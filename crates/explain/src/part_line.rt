// The parts of a line: its columns, words, numbers, and bytes in a form that can be read aloud.
ghost use Rattle.std.specs.Prelude.{◌≡◌};
ghost use Rattle.explain.specs.Changes.{differing};

use crate::{NAME, words};
use lists::{CARRIAGE_RETURN, ESCAPE, LINE_FEED};
use program::Host;

// A place and the bytes behind it take so much of a line, each with two blanks behind it.
const WIDTH: usize = 9;

// What is longer is shown by its first bytes.
const LONGEST: usize = record::LONGEST_FRAME;

const FIRST_BYTES: usize = 40;

// The signs around a code in hexadecimal.
const OPENING: u8 = b'<';

const CLOSING: u8 = b'>';

const HEX_DIGITS: [u8; 16] = *b"0123456789ABCDEF";

// So much wider is a code in hexadecimal than one that stands for itself.
const HEX_MORE: usize = 3;

pub fn say(host: &Host, words: &[u8]) {
    program::write(host, NAME, words);
}

pub fn say_number(host: &Host, n: u64) {
    program::write_number(host, NAME, n);
}

// Words with a number behind them.
pub fn say_count(host: &Host, words: &[u8], n: u64) {
    say(host, words);
    say_number(host, n);
}

// Between two things of a line.
pub fn say_comma(host: &Host, wanted: bool) {
    if wanted {
        say(host, words::COMMA);
    }
}

// Blanks behind or before what is so wide.
fn pad(host: &Host, width: usize) {
    let blanks = [b' '; WIDTH];
    if let Some(rest) = blanks.get(width..) {
        say(host, rest);
    }
}

// How many digits a number has.
fn digits_of(n: u64) -> usize {
    n.checked_ilog10().map_or(1, |tens| tens as usize + 1)
}

// Where a line begins: a place.
pub fn say_place(host: &Host, place: u64) {
    pad(host, digits_of(place));
    say_number(host, place);
    say(host, words::BLANKS);
}

// Whether a code stands for itself. The sign that opens a code in hexadecimal does not, so that the two can't be mistaken.
fn is_plain(code: u8) -> bool {
    (b' '..=b'~').contains(&code) && code != OPENING
}

fn say_hex(host: &Host, code: u8) {
    let high = HEX_DIGITS[(code / 16) as usize];
    let low = HEX_DIGITS[(code % 16) as usize];
    say(host, &[OPENING, high, low, CLOSING]);
}

// Codes, those that stand for themselves in one go.
pub fn say_codes(host: &Host, codes: &[u8]) {
    for run in codes.chunk_by(|a, b| is_plain(*a) && is_plain(*b)) {
        match run {
            [code] if !is_plain(*code) => say_hex(host, *code),
            _ => say(host, run),
        }
    }
}

// How wide codes are when they are said.
fn width_of(codes: &[u8]) -> usize {
    let hex = codes.iter().filter(|code| !is_plain(**code)).count();
    codes.len().saturating_add(hex.saturating_mul(HEX_MORE))
}

// A place, a word for what stands there, and its bytes: as they are or, if they are too many, the first. Of a part that is longer than
// any frame more bytes are held than any frame has, so those that are held tell whether it is.
pub fn begin_line(host: &Host, place: u64, what: &[u8], codes: &[u8]) {
    say_place(host, place);
    say(host, what);
    match codes.get(..FIRST_BYTES) {
        Some(first) if codes.len() > LONGEST => {
            say_codes(host, first);
            say(host, words::DOTS);
        }
        _ => {
            say_codes(host, codes);
            pad(host, width_of(codes));
            say(host, words::BLANKS);
        }
    }
}

// A code of an answer: those that begin and end one by their names.
fn say_sent(host: &Host, code: u8) {
    match code {
        ESCAPE => say(host, words::ESC),
        CARRIAGE_RETURN => say(host, words::CR),
        LINE_FEED => say(host, words::LF),
        _ => say_codes(host, &[code]),
    }
}

// The codes of an answer, as they go down the cord.
pub fn say_answer(host: &Host, answer: &[u8]) {
    say(host, words::ANSWERED);
    for &code in answer {
        say_sent(host, code);
    }
}

// One column, or those from a first to a last one.
pub fn say_columns(host: &Host, first: u64, last: u64) {
    if first == last {
        say_count(host, words::COLUMN, first);
        return;
    }
    say_count(host, words::COLUMNS, first);
    say_count(host, words::TO, last);
}

// A frame that is too long says so.
pub fn say_if_overlong(host: &Host, length: u64) {
    let longest = LONGEST as u64;
    if length > longest {
        say_count(host, words::COLON, length);
        say_count(host, words::MORE_THAN, longest);
    }
}

// At how many places the bytes before and after differ, as far as both go.
pub fn changes(before: &[u8], after: &[u8]) -> usize
    ensures same { result ≡ differing before.now after.now }
{
    before
        .iter()
        .zip(after)
        .filter(|(was, is)| was != is)
        .count()
}
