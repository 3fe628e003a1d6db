// What is said, but for the words of fields, by name: these are read aloud on the telephone, so a thing has the same words in every line.

pub const COMMA: &[u8] = b", ";

pub const COLON: &[u8] = b": ";

pub const BLANKS: &[u8] = b"  ";

pub const LINE_END: &[u8] = b"\n";

pub const DOTS: &[u8] = b"..  ";

pub const ESC: &[u8] = b"ESC ";

pub const CR: &[u8] = b" CR";

pub const LF: &[u8] = b" LF";

// What stands at a place.

pub const TEXT: &[u8] = b"text     ";

pub const SKIPPED: &[u8] = b"skipped  ";

pub const FRAME: &[u8] = b"frame    ";

pub const TAIL: &[u8] = b"tail     ";

pub const END: &[u8] = b"end      ";

// What became of it.

pub const NOTHING_DONE: &[u8] = b"nothing done";

pub const ABANDONED_AT: &[u8] = b"abandoned by the ESC at ";

pub const STILL_OPEN: &[u8] = b"still open";

pub const BAD: &[u8] = b"bad";

pub const PASSED_OVER: &[u8] = b"passed over: ";

pub const REFUSED: &[u8] = b"refused by the state it is in";

pub const ANSWERED_MARK: &[u8] = b": answered ?";

pub const NOTHING_DONE_YET: &[u8] = b": nothing done yet";

pub const ANSWERED: &[u8] = b": answered ";

pub const MORE_THAN: &[u8] = b" bytes, more than ";

// Rows and columns.

pub const COLUMN: &[u8] = b"column ";

pub const COLUMNS: &[u8] = b"columns ";

pub const TO: &[u8] = b" to ";

pub const ROW: &[u8] = b"row ";

pub const LARGE_LINE: &[u8] = b"large line";

pub const IS_FULL: &[u8] = b" is full";

pub const CODE_DROPPED: &[u8] = b" code dropped";

pub const CODES_DROPPED: &[u8] = b" codes dropped";

pub const CLEARED: &[u8] = b" cleared";

pub const FROM_COLUMN: &[u8] = b" from column ";

pub const ALL_CLEARED: &[u8] = b"all text cleared, ";

pub const PICTURE_ROW: &[u8] = b"picture row ";

// What an obeyed frame did.

pub const CHANGED: &[u8] = b" changed";

pub const NOTHING_CHANGED: &[u8] = b": nothing changed";

pub const CONTRAST_ASKED: &[u8] = b"contrast asked";

pub const HOOK_ASKED: &[u8] = b"hook asked";

pub const VERSION_ASKED: &[u8] = b"version asked";

pub const ASKED: &[u8] = b"asked";

pub const RESTART: &[u8] = b"restart to power-on, stored numbers kept";

pub const DONE: &[u8] = b"obeyed";

// Fields and what their numbers take.

pub const OPENING: &[u8] = b"[";

pub const CLOSING: &[u8] = b"]";

pub const IN_MODE: &[u8] = b" in mode ";

pub const NO_ROW: &[u8] = b"no row can be named";

pub const NO_MARK: &[u8] = b"inverse mark takes only 0";

// The line that sums up.

pub const TEXT_BYTES: &[u8] = b"text bytes ";

pub const SKIPPED_BYTES: &[u8] = b", skipped bytes ";

pub const CLOSED_FRAMES: &[u8] = b", closed frames ";

pub const OF_THESE_OBEYED: &[u8] = b" (obeyed ";

pub const OF_THESE_PASSED_OVER: &[u8] = b", passed over ";

pub const OF_THESE_REFUSED: &[u8] = b", refused ";

pub const OF_THESE_BAD: &[u8] = b", bad ";

pub const ABANDONED_FRAMES: &[u8] = b"), abandoned frames ";

pub const ANSWERS: &[u8] = b", answers ";

pub const TAIL_AT: &[u8] = b", tail at ";

pub const NO_TAIL: &[u8] = b", no tail";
■ ■ ■ ■ ■ ■ ■
The reply must hold exactly the lines from the one containing "pub const ANSWERS: &[u8]" to the last line of the entries, and nothing more.

pub const ANSWERS: &[u8] = b", answers ";

pub const TAIL_AT: &[u8] = b", tail at ";

pub const NO_TAIL: &[u8] = b", no tail";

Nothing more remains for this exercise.